Ívarr and his team were still working hard to find out what had caused the change and if it was something that they could replicate. More omegas, more alphas, were a win to shifter kind. Especially if they could have children.
Poor Tate was in the clinic every morning to be tested, something that was making him feel like a lab rat. I’d heard talk of scanning him, but they hadn’t wanted to get anyone’s hopes up that Tate would be like a born omega, and be able to have kids.
It meant that instead of integrating with the pack now that his secret was out, Tate was spending more and more time at home. A home that was far too small for what we needed.

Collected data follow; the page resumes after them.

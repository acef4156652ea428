//! The groups of rules, what any rule is applied to, and how that is called.
ghost use Rattle.std.specs.Prelude.{◌≡◌, ◌<◌};
ghost use Rattle.q_logic.specs.Prelude.{place};
ghost use Rattle.q_sched.specs.Moves.{target_of, rank, rank_of, groups};

use std::fmt;

/// The groups of rules, each a crate, in the order in which they are searched.
#[derive(Clone, Copy, Debug, PartialEq, Eq)]
pub enum Group {
    Reduce,
    Subsume,
    Merge,
    Block,
    Eliminate,
    Expand,
}

/// So many groups there are.
pub const GROUPS: u32 = 6;

impl Group {
    /// The group at a place of the order.
    pub fn at(place: u32) -> Group
        requires { place < groups }
        ensures { rank result ≡ place }
    {
        match place {
            0 => Group::Reduce,
            1 => Group::Subsume,
            2 => Group::Merge,
            3 => Group::Block,
            4 => Group::Eliminate,
            _ => Group::Expand,
        }
    }

    /// The place of the group in the order.
    pub fn rank(self) -> u32
        ensures { result ≡ rank self }
    {
        match self {
            Group::Reduce => 0,
            Group::Subsume => 1,
            Group::Merge => 2,
            Group::Block => 3,
            Group::Eliminate => 4,
            Group::Expand => 5,
        }
    }
}

/// A target of some rule.
#[derive(Clone, Copy, Debug, PartialEq, Eq)]
pub enum Move {
    Reduce(q_reduce::Target),
    Subsume(q_subsume::Target),
    Merge(q_equiv::Target),
    Block(q_blocked::Target),
    Eliminate(q_eliminate::Target),
    Expand(q_expand::Target),
}

/// So many rules there are.
pub const RULES: usize = 12;

/// What each rule takes, by its number.
pub const RULE_NAMES: [&str; RULES] = [
    "tautologies",
    "unit clauses",
    "universal literals reduced",
    "pure literals",
    "clauses subsumed",
    "clauses strengthened",
    "equivalent literals",
    "blocked clauses",
    "blocked universal literals",
    "covered clauses",
    "existentials eliminated",
    "universals expanded",
];

impl Move {
    /// The group of its rule.
    pub fn group(&self) -> Group
        ensures { rank result ≡ rank_of (target_of self.now) }
    {
        match self {
            Move::Reduce(_) => Group::Reduce,
            Move::Subsume(_) => Group::Subsume,
            Move::Merge(_) => Group::Merge,
            Move::Block(_) => Group::Block,
            Move::Eliminate(_) => Group::Eliminate,
            Move::Expand(_) => Group::Expand,
        }
    }

    /// The number of its rule.
    pub fn rule(&self) -> usize
        ensures { result < 12 }
    {
        match self {
            Move::Reduce(q_reduce::Target::Tautology { .. }) => 0,
            Move::Reduce(q_reduce::Target::Unit { .. }) => 1,
            Move::Reduce(q_reduce::Target::Cut { .. }) => 2,
            Move::Reduce(q_reduce::Target::Pure { .. }) => 3,
            Move::Subsume(q_subsume::Target::Subsumed { .. }) => 4,
            Move::Subsume(q_subsume::Target::Strengthen { .. }) => 5,
            Move::Merge(q_equiv::Target::Merge { .. }) => 6,
            Move::Block(q_blocked::Target::Blocked { .. }) => 7,
            Move::Block(q_blocked::Target::BlockedForall { .. }) => 8,
            Move::Block(q_blocked::Target::Cover { .. }) => 9,
            Move::Eliminate(q_eliminate::Target::Eliminate { .. }) => 10,
            Move::Expand(q_expand::Target::Expand { .. }) => 11,
        }
    }

    /// The id of the clause that changes, or the variable: where a search finds the target.
    pub fn place(&self) -> u32
        ensures { result ≡ place (target_of self.now) }
    {
        match self {
            Move::Reduce(q_reduce::Target::Tautology { c }) => *c,
            Move::Reduce(q_reduce::Target::Unit { c }) => *c,
            Move::Reduce(q_reduce::Target::Cut { c, .. }) => *c,
            Move::Reduce(q_reduce::Target::Pure { l }) => l.var(),
            Move::Subsume(q_subsume::Target::Subsumed { d, .. }) => *d,
            Move::Subsume(q_subsume::Target::Strengthen { d, .. }) => *d,
            Move::Merge(q_equiv::Target::Merge { gone, .. }) => gone.var(),
            Move::Block(q_blocked::Target::Blocked { c, .. }) => *c,
            Move::Block(q_blocked::Target::BlockedForall { c, .. }) => *c,
            Move::Block(q_blocked::Target::Cover { c }) => *c,
            Move::Eliminate(q_eliminate::Target::Eliminate { x }) => *x,
            Move::Expand(q_expand::Target::Expand { u }) => *u,
        }
    }
}

/// As rows write it: a word, then ids of clauses, literals or variables, in the order of the fields.
impl fmt::Display for Move {
    fn fmt<W: fmt::Write>(&self, f: &mut fmt::Formatter<W>) -> fmt::Result {
        match self {
            Move::Reduce(target) => show_reduce(f, target),
            Move::Subsume(target) => show_subsume(f, target),
            Move::Merge(q_equiv::Target::Merge { keep, gone }) => {
                write!(f, "merge {} {}", keep.number(), gone.number())
            }
            Move::Block(target) => show_block(f, target),
            Move::Eliminate(q_eliminate::Target::Eliminate { x }) => write!(f, "eliminate {x}"),
            Move::Expand(q_expand::Target::Expand { u }) => write!(f, "expand {u}"),
        }
    }
}

fn show_reduce<W: fmt::Write>(f: &mut fmt::Formatter<W>, target: &q_reduce::Target) -> fmt::Result {
    match target {
        q_reduce::Target::Tautology { c } => write!(f, "tautology {c}"),
        q_reduce::Target::Unit { c } => write!(f, "unit {c}"),
        q_reduce::Target::Cut { c, l } => write!(f, "cut {c} {}", l.number()),
        q_reduce::Target::Pure { l } => write!(f, "pure {}", l.number()),
    }
}

fn show_subsume<W: fmt::Write>(
    f: &mut fmt::Formatter<W>,
    target: &q_subsume::Target,
) -> fmt::Result {
    match target {
        q_subsume::Target::Subsumed { c, d } => write!(f, "subsumed {c} {d}"),
        q_subsume::Target::Strengthen { c, d, l } => {
            write!(f, "strengthen {c} {d} {}", l.number())
        }
    }
}

fn show_block<W: fmt::Write>(f: &mut fmt::Formatter<W>, target: &q_blocked::Target) -> fmt::Result {
    match target {
        q_blocked::Target::Blocked { c, l } => write!(f, "blocked {c} {}", l.number()),
        q_blocked::Target::BlockedForall { c, l } => {
            write!(f, "blocked-forall {c} {}", l.number())
        }
        q_blocked::Target::Cover { c } => write!(f, "cover {c}"),
    }
}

Which is why I’d hatched a plan.
Alpha Blake had taken over the rest of the land that the Sweetwater sleuth had owned when the group of bears rejoined the pack shortly after Kade had become Alpha Mate. The land was desperately needed now that the elves were staying here and making homes within our borders.
I’d found us a home. One that was ready to move into as soon as the new fences were finished and wards constructed. The high trees made a perfect cover. Spells and nets made it so that flying shifters, the Northarbor aviary in particular, couldn’t spy on us or gain access to our lands. The house had six bedrooms, two reception rooms, a playroom, and a home gym. The kitchen was massive, with a large table dominating the space.
We couldn’t move into it without Asher. I wouldn’t start our new life in our new home without a member of our family. Just thinking of his suffering through the endless therapy to get back to Tate had guilt spiking my chest.
I sat up, absentmindedly rubbing my chest, and stared at the two sleeping shifters on either side of me. Thirteen days had passed since my last heat, since Tate’s heat, and each day made me wonder.
Roan woke, eyes bleary. “What’s that smell?” His nose twitched. It was adorable.
I’d been so distracted thinking about Asher and how bad I felt about my part in the situation, I really shouldn’t have pushed him into a bond he wasn’t comfortable in, that I hadn’t picked up on it myself.
It was coming from me.
“Could I–?”
“We’ve got a test, right?” Roan asked.